Moneybox

The $7 Billion Ego

Did J.P. Morgan Chase waste billions so its CEO could keep his job?

How much is a CEO worth? According to Business Week’s2003 executive pay survey, CEOs took home an average of $8.1 million last year, up 9.1 percent from the year before. Shareholders at J.P. Morgan Chase wish they were only paying for CEO William B. Harrison’s $1 million salary. Now it looks like they’re also paying $7 billion so he can keep his job for another two years.

The story of the $7 billion man is about what happens when two big business egos clash. On July 1, Chase completed its $58 billion acquisition of Bank One. The move was hailed as the final masterstroke in Harrison’s long but uneven career. The son and grandson of North Carolina bankers, the 60-year-old Harrison has been Chase CEO since 1999 and made a series of expensive bets with his shareholders’ money, all as part of an effort to keep up with longtime rival Citigroup. Under his leadership, Chase plunged into private equity and dot-com investing, lent heavily to the telecom and energy sectors, and spent loads of money on acquisitions such as J.P. Morgan. But frequently the dice came up snake eyes. By late 2002, things were going badly, as the stock fell from the low $50s in early 2001 to about $15 in October 2002.

Harrison’s grip at the helm was growing tenuous. But he saw salvation in yet another deal. Chicago-based Bank One, run by the charismatic Citigroup exile Jamie Dimon, seemed like a natural acquisition. Dimon had pulled off an impressive turnaround at Bank One. With his operational expertise and cadre of loyal bankers, Dimon could help improve morale and performance at Chase and eventually succeed Harrison.

In a New York Times article published on June 27, Landon Thomas Jr. reported that Harrison and Dimon had first discussed a simple merger of equals. In other words, Chase and Bank One would simply pool their assets. But there was a catch, as Thomas reported: “Mr. Dimon, always the tough deal maker, offered to do the deal for no premium if he could become chief executive immediately, according to two people close to the deal.” But stepping down as CEO was a nonstarter for Harrison.

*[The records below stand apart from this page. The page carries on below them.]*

// The layout of a frame: one table of widths, by which every frame is taken apart and put together.
ghost use Rattle.std.specs.Prelude.{◌≡◌, ◌≤◌, length, drop};
ghost use Rattle.numbers.specs.Table.{parted, joined, Held};
ghost use Rattle.frame.specs.Frame.{frame_length, widths};

// The bytes of a frame.
pub const FRAME_LENGTH: usize = 64;

// How many numbers stand in a frame.
pub const ROWS: usize = 24;

// The rows of the table, each with the place of its number: places in `widths`, and no enum, since they index it.
pub const DA: usize = 0;

pub const SA: usize = 1;

pub const PROTOCOL_TYPE: usize = 7;

pub const FUNCTION: usize = 8;

pub const VERSION: usize = 9;

pub const PRIORITY1: usize = 10;

pub const SOURCE: usize = 11;

pub const VARIANCE: usize = 12;

pub const PRIORITY2: usize = 13;

pub const CLOCK: usize = 14;

pub const HOP: usize = 15;

pub const COUNT: usize = 16;

pub const ZERO: usize = 17;

pub const SECONDS: usize = 18;

pub const FRACTION: usize = 19;

pub const LOCAL: usize = 20;

pub const TX: usize = 21;

pub const RX: usize = 22;

pub const ERROR: usize = 23;

// The width of each row in bytes.
const WIDTHS: [usize; ROWS] = [
    6, 1, 1, 1, 1, 1, 1, 2, 1, 1, 1, 1, 2, 1, 8, 1, 1, 1, 5, 5, 6, 6, 6, 4,
];

// The numbers that stand in a frame, row by row.
pub fn parts(frame: &[u8]) -> [u64; ROWS]
    requires { length frame.now ≡ frame_length }
    ensures value { result ≡ parted widths 0 frame.now }
    ensures held { Held widths result }
{
    let mut values = [0; ROWS];
    let mut at = 0;
    // tried: values.iter_mut().zip(&WIDTHS), where the invariant has no name for the values that the iterator holds lent.
    for (row, width) in WIDTHS.iter().enumerate() {
        values[row] = numbers_bytes::number_at(frame, at, *width);
        at += *width;
    }
    values
}

// Fills the first 64 bytes with the numbers, row by row.
pub fn fill(values: [u64; ROWS], out: &mut [u8])
    requires { frame_length ≤ length out.old }
    ensures { out.new ≡ joined widths values (drop frame_length out.old) }
{
    let mut at = 0;
    for (value, width) in values.iter().zip(&WIDTHS) {
        numbers_bytes::put_at(out, at, *width, *value);
        at += *width;
    }
}
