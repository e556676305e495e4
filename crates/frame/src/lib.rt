// The timeSync frame of 64 bytes: what it says, its layout and its versions.
#![tactic(auto)]

pub mod layout;
pub mod version;

use choice::Precedence;
use times::{ErrorTime, GrandTime, LocalTime};

// The six bytes of a station's address.
// Six numbers and no array: `mac_of`, `mac_from` and the theorems on Fields name each byte.
#[derive(Clone, Copy)]
pub struct Mac(pub u8, pub u8, pub u8, pub u8, pub u8, pub u8);

// What a frame says. The version is a number and no enum: Write, Setup and the reader of frames are given bytes that are no version, and refuse 6 or 1.
#[derive(Clone, Copy)]
pub struct Fields {
    pub sa: Mac,
    pub precedence: Precedence,
    pub hop: u8,
    pub count: u8,
    pub grand: GrandTime,
    pub local: LocalTime,
    pub tx: LocalTime,
    pub rx: LocalTime,
    pub error: ErrorTime,
    pub version: u8,
}

// How a frame that does not lose stands in a comparison: the two parts of `key_of`.
#[derive(Clone, Copy)]
pub struct Standing {
    pub precedence: Precedence,
    pub hop: u8,
}

// Which of two frames is the better: three answers of which none is missing, so no Option (`winner_of`).
#[derive(Clone, Copy)]
pub enum Winner {
    Neither,
    First,
    Second,
}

Dimon, the ambitious, lionized CEO of a large banking firm, was itching to get back to New York but not as a second fiddle. So he exploited Harrison’s concern for his status and legacy. Harrison wanted desperately to oversee the successful integration of a major acquisition and retire on his own terms. Dimon essentially told Harrison that he could remain CEO for two years, but that it would cost him. “When Mr. Harrison resisted, Mr. Dimon insisted on a premium, which Mr. Harrison was able to push down to 14 percent,” Thomas reported.

In other words, instead of simply swapping shares, J.P. Morgan Chase shareholders agreed to give Bank One stockholders 1.32 shares of J.P. Morgan Chase for each share of Bank One. Given the differences in the prices of the two stocks, that amounted to a $7 billion sweetener for Bank One shareholders. Harrison gets to remain chairman and chief executive officer, while Dimon settled for president and chief operating officer. Harrison is to stay boss for two years, then the job will pass to Dimon.

A lawsuit filed by plaintiffs’ firm Milberg Weiss Bershad & Schulman last week in Delaware charged that Harrison and the J.P. Morgan Chase & Co. board should have informed shareholders that the deal could have been executed as a merger if Dimon was given the top job. By putting his own interests ahead of Chase shareholders’, the lawsuit alleges, Harrison spent $7 billion in shareholders’ money so he could retain his post for another 24 months.

There is no telling if the lawsuit is meritorious or likely to win. Delaware courts give management wide latitude when it comes to making decisions about mergers and acquisitions. The deal could have hinged on a dozen other issues—aside from who would be CEO and for how long.

And the language surrounding the deal—whether it was a merger of equals or an acquisition—is essentially irrelevant now. The new company will be known as J.P. Morgan Chase & Co., but the board of directors is divided equally between the two companies.Dimon is not merely the heir apparent; employees and investors are already looking to him to make the changes necessary to revivify Chase.

But shareholders are paying an extra $3.5 billion a year for the next two years to have Harrison hang around in the top job. Management may be able to make the case that the extra cash made good economic sense. If Harrison had simply allowed Dimon to walk away from the deal, J.P. Morgan Chase shareholders would probably have been worse off in the long run. In theory, Harrison could have stuck around Chase for another five years, which could have easily cost shareholders $7 billion if the stock continued to sag. And if, come 2006, Dimon can do for Chase what he did for Bank One, shareholders will surely see the value of their holdings rise by more than $7 billion. That $7 billion could turn out to be money well spent, no matter how preposterous it seems today.